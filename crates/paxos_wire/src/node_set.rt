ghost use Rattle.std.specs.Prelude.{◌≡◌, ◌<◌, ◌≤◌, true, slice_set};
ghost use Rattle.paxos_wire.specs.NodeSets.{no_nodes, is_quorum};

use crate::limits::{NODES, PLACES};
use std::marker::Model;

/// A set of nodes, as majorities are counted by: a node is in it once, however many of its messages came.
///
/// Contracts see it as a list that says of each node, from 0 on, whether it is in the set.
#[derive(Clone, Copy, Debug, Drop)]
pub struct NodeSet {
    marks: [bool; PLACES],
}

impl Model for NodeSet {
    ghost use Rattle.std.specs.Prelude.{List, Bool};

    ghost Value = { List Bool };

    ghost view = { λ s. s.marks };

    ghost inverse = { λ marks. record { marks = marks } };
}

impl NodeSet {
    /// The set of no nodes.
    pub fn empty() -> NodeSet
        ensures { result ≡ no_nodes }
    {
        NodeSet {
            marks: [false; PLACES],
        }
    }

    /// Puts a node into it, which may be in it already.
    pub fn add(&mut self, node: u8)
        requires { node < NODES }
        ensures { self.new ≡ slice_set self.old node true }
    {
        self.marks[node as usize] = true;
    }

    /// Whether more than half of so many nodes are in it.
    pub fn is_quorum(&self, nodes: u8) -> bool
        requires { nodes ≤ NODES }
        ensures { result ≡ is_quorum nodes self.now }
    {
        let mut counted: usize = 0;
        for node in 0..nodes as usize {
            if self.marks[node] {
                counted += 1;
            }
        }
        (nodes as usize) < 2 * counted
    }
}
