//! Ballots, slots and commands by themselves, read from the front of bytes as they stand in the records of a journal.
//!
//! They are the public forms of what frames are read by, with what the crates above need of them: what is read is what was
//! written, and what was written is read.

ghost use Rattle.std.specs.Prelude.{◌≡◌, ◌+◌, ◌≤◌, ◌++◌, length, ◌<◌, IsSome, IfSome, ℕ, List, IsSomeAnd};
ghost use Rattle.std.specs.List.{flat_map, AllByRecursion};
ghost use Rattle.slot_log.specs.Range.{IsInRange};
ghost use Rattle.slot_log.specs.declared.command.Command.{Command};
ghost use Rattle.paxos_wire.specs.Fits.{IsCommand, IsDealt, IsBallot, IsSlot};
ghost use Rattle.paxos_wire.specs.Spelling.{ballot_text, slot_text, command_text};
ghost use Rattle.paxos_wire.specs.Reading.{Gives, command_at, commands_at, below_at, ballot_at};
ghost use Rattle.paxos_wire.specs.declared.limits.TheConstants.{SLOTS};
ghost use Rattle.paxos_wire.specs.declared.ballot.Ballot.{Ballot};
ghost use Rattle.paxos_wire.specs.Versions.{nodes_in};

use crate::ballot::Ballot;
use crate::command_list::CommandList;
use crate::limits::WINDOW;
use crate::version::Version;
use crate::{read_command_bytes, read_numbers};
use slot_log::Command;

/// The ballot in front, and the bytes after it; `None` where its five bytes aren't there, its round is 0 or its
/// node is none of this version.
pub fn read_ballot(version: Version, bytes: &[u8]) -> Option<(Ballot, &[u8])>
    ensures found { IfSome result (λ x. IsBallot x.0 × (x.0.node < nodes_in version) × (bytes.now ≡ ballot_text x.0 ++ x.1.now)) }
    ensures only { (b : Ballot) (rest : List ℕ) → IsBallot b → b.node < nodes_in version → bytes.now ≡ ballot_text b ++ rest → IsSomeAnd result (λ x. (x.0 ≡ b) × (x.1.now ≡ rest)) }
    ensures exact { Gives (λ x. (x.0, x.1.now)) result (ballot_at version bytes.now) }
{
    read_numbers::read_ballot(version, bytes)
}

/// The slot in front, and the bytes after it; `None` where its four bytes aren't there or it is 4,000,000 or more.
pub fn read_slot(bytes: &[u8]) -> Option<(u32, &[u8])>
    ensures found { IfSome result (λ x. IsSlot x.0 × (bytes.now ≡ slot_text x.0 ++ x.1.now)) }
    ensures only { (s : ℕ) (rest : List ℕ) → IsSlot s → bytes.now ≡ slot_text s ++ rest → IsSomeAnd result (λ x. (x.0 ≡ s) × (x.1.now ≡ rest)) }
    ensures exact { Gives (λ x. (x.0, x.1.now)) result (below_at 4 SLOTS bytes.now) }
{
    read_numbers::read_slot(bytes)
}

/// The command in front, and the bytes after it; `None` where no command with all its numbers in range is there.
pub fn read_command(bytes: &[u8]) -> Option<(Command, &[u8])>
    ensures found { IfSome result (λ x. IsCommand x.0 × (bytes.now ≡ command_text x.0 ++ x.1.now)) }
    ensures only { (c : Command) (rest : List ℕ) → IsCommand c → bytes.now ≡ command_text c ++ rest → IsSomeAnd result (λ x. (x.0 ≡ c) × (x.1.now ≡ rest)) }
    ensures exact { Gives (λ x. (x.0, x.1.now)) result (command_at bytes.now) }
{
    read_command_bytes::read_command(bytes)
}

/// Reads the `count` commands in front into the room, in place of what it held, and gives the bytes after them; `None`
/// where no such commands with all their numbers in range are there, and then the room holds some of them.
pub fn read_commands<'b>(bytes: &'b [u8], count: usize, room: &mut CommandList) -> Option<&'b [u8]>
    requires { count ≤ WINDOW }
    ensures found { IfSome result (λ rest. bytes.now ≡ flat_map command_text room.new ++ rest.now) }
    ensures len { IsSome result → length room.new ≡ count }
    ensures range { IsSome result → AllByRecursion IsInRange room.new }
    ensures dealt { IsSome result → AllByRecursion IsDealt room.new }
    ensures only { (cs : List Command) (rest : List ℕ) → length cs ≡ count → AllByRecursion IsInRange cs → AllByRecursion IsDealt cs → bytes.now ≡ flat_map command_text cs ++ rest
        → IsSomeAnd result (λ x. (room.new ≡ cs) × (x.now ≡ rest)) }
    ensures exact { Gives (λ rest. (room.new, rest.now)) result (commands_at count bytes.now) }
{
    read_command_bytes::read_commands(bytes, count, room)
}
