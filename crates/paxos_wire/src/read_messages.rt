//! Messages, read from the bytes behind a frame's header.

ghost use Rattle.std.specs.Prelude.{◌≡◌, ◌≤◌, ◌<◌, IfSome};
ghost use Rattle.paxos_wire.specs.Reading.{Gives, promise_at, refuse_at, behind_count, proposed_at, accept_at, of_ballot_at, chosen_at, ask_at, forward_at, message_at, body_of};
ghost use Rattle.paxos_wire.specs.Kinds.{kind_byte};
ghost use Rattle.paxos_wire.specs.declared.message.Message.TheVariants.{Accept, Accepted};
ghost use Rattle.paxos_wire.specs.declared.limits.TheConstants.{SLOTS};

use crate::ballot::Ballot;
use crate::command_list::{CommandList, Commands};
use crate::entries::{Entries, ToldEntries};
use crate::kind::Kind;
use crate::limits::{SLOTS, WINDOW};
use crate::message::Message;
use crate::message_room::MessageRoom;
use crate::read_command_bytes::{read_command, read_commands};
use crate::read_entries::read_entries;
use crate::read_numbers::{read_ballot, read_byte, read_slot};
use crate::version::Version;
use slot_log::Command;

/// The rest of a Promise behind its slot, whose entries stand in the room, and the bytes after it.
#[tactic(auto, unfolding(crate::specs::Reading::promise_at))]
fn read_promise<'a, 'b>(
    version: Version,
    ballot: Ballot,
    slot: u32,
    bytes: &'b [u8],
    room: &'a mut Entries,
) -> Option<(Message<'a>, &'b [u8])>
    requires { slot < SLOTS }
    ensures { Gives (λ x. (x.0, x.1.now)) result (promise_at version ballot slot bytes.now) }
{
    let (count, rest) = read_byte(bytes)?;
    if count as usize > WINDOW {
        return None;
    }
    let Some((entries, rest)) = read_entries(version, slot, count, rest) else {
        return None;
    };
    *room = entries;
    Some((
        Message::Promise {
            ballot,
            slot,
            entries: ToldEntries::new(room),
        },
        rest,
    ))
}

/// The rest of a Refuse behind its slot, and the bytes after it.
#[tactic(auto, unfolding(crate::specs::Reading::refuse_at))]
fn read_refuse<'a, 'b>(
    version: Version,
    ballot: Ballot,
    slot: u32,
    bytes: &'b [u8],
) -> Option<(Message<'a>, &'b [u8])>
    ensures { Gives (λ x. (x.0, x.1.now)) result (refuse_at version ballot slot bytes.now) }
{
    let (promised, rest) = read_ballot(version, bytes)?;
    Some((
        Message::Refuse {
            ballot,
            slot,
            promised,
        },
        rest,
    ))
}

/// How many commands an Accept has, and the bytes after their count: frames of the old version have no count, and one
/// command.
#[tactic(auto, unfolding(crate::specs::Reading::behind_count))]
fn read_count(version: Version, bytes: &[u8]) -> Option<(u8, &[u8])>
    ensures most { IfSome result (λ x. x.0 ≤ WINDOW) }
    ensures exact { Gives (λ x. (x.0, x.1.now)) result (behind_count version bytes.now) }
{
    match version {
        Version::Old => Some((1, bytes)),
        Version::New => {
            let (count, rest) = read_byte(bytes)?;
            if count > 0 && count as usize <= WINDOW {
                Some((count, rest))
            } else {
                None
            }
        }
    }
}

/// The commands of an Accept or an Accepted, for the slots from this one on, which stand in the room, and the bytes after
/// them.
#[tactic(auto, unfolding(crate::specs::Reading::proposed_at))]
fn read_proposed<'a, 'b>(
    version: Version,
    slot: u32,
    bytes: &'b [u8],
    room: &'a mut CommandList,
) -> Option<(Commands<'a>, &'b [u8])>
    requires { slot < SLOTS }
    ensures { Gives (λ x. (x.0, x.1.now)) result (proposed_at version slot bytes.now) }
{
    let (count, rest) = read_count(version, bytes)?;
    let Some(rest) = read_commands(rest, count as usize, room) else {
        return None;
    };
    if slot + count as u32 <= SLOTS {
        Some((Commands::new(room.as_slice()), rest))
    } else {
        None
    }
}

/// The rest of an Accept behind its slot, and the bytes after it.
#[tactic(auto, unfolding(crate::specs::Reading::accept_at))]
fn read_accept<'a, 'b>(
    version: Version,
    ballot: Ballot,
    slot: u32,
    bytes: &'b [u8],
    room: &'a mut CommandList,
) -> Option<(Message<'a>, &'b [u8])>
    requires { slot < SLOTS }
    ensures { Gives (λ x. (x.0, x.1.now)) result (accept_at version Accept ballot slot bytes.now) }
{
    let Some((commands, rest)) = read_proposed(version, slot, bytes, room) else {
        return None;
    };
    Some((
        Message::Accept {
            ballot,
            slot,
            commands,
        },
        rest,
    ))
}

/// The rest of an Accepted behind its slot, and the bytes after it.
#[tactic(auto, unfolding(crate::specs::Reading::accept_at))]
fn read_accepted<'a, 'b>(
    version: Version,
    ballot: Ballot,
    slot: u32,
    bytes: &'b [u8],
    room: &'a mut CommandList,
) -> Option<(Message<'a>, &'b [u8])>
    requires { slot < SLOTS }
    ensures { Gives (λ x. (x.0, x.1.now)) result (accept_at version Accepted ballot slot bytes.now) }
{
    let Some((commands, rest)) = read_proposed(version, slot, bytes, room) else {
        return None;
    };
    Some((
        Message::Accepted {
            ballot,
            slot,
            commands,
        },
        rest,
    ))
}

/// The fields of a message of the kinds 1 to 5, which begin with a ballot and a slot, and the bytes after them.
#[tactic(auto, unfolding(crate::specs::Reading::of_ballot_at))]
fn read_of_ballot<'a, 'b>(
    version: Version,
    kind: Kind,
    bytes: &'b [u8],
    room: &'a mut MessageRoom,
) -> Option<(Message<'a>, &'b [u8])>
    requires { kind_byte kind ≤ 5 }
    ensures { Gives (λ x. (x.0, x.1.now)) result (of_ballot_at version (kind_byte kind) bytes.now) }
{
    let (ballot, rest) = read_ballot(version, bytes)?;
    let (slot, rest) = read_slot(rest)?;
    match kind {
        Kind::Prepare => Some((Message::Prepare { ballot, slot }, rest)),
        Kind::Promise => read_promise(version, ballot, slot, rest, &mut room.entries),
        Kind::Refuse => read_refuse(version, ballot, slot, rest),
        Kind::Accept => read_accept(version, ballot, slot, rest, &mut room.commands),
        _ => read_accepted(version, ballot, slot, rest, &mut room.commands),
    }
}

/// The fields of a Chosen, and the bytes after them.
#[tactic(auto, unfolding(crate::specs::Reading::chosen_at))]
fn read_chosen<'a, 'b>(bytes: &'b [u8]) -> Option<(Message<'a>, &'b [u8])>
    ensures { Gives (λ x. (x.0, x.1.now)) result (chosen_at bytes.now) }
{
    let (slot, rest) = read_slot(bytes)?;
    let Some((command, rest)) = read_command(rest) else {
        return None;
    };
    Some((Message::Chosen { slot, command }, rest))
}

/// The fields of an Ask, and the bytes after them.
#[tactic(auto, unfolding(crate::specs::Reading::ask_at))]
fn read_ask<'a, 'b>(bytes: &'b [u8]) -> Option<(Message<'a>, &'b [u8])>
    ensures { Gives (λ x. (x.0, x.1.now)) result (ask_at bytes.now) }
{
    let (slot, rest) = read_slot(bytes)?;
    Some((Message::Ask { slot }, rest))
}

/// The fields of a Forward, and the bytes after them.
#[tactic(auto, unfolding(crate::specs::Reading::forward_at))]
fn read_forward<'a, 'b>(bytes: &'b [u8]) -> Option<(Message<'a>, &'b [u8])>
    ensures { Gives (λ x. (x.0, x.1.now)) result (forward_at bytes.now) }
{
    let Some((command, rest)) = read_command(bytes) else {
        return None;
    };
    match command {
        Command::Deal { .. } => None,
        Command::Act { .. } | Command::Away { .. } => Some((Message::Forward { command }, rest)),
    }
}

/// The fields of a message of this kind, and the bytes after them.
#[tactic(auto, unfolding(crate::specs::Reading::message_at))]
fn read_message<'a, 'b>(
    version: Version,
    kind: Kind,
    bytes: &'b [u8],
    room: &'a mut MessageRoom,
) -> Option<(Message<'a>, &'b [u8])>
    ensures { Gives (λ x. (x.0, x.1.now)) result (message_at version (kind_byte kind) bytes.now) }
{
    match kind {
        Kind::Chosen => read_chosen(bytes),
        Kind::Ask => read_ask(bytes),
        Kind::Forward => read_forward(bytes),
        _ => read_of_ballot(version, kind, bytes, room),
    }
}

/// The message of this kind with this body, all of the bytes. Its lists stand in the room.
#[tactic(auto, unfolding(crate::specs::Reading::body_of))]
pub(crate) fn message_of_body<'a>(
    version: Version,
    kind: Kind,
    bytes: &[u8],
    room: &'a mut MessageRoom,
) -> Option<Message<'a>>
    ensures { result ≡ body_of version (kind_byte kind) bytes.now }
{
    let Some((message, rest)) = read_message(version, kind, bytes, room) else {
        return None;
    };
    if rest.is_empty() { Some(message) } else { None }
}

==

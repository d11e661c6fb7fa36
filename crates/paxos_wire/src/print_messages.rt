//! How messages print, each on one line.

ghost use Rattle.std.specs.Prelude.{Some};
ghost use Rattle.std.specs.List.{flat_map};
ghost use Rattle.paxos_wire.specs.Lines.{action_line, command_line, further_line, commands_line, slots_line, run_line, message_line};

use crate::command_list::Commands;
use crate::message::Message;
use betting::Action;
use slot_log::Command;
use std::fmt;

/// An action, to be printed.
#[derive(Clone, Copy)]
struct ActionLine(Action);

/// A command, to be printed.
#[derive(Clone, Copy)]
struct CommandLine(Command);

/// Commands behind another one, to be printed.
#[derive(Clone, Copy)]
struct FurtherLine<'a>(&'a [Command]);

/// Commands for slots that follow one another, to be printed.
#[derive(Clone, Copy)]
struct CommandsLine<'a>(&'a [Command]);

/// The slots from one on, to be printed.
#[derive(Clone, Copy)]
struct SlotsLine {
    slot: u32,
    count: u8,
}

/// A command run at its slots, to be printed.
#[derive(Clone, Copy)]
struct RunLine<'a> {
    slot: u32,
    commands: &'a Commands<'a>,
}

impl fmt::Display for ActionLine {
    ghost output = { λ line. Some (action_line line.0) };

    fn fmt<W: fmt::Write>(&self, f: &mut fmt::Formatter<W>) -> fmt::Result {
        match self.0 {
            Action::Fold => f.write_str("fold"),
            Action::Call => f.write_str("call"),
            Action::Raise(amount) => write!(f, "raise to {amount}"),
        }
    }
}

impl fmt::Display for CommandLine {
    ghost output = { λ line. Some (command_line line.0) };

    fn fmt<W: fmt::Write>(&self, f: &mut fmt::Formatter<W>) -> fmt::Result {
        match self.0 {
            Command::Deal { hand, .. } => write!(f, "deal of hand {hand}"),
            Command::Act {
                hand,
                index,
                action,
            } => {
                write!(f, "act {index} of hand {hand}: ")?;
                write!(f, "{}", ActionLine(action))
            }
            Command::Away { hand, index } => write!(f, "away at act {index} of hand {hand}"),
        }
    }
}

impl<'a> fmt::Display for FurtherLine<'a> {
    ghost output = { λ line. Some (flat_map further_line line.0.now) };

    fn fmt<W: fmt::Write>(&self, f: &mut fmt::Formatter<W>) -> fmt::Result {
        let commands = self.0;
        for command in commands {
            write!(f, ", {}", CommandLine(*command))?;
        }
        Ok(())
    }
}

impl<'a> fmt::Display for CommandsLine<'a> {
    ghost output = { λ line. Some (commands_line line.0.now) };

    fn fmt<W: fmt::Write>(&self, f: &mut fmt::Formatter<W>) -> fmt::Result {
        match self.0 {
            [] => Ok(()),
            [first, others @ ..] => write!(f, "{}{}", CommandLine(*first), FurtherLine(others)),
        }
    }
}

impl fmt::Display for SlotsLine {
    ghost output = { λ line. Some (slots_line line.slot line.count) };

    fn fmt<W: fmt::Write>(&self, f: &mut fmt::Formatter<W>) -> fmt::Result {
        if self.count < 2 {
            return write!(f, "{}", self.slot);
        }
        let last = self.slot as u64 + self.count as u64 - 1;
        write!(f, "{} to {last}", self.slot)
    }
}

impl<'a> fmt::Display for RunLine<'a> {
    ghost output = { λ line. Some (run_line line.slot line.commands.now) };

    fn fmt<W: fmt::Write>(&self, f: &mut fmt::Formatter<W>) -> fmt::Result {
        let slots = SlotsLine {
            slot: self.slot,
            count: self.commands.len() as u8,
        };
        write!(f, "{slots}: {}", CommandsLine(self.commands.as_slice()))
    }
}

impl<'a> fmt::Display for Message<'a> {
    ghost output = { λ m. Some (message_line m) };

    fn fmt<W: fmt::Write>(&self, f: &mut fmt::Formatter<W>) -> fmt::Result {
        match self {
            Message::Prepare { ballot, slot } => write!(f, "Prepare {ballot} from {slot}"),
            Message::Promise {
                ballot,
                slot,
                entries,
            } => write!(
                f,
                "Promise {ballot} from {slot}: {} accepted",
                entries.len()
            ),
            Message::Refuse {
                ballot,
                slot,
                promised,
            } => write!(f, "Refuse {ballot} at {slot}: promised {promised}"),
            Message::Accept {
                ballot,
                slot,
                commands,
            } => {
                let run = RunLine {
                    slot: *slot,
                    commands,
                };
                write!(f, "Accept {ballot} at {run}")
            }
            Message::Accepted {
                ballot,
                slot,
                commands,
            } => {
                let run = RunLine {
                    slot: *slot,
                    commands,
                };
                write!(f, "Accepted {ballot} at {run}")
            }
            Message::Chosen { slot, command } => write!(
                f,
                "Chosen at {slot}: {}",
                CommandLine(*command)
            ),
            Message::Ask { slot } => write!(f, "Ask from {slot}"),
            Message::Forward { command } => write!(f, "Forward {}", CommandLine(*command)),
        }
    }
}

* * *

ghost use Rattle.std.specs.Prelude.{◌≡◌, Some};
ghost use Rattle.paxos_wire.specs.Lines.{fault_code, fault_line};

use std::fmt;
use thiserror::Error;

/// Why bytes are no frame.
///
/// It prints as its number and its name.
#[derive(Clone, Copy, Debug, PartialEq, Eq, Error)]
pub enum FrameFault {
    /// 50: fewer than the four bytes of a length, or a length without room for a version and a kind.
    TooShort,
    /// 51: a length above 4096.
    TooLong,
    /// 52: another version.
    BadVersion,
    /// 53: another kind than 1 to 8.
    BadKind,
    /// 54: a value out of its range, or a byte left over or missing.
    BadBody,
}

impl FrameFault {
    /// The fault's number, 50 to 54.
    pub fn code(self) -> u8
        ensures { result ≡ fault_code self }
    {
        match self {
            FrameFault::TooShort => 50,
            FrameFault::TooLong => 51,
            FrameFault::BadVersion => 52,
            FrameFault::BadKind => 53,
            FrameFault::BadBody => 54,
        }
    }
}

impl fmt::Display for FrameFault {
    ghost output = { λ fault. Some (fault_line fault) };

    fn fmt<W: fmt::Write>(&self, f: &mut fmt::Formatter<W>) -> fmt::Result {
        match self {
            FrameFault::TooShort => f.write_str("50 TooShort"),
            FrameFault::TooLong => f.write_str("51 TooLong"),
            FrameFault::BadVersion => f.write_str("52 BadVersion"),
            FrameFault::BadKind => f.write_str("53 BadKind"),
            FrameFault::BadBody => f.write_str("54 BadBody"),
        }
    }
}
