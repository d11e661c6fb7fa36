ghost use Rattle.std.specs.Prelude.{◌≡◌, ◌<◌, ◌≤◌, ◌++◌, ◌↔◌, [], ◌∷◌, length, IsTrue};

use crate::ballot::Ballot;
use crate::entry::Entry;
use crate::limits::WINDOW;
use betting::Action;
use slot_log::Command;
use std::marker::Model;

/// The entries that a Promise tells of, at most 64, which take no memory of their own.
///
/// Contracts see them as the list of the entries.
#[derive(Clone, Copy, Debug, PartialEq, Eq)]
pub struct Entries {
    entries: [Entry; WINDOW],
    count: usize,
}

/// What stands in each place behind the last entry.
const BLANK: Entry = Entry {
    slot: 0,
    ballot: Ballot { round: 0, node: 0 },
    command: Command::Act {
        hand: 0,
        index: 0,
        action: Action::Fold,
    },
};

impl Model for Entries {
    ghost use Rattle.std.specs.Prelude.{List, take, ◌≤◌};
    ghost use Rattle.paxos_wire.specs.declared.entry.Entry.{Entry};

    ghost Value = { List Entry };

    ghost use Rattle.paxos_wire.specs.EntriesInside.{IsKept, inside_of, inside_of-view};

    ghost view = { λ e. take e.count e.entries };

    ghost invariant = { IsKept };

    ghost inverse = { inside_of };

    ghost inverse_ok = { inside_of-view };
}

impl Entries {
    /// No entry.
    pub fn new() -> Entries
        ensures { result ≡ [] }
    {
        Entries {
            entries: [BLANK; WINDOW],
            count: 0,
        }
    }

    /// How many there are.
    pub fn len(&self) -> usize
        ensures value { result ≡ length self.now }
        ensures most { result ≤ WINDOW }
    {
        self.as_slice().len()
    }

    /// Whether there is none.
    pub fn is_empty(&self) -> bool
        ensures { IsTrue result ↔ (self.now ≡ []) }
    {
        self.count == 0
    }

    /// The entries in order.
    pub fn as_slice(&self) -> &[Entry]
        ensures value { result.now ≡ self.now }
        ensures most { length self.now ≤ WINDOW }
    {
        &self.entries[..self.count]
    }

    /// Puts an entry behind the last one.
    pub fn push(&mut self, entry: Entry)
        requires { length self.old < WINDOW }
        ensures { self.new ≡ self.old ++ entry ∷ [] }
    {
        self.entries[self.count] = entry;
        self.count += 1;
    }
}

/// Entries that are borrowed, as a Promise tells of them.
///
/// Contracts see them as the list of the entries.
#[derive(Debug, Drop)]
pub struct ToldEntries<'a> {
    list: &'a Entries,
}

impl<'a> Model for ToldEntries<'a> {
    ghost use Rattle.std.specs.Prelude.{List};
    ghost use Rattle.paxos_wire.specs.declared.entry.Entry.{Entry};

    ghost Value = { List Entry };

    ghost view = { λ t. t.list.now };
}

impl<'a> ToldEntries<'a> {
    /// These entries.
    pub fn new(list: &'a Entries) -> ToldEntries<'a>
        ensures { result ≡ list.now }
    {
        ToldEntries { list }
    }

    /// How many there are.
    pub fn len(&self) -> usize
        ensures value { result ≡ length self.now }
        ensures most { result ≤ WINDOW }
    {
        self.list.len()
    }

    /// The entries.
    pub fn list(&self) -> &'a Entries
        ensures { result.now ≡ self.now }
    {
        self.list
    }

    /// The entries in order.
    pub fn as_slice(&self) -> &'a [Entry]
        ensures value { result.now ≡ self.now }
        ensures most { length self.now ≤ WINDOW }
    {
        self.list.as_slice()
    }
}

▶ [TASK DIRECTIONS] Find all lines in the records that hold the word "CommandLine". Copy them.

▶ [SOLUTION FOR THIS PROBLEM]
struct CommandLine(Command);
impl fmt::Display for CommandLine {
            write!(f, ", {}", CommandLine(*command))?;
            [first, others @ ..] => write!(f, "{}{}", CommandLine(*first), FurtherLine(others)),
                CommandLine(*command)
            Message::Forward { command } => write!(f, "Forward {}", CommandLine(*command)),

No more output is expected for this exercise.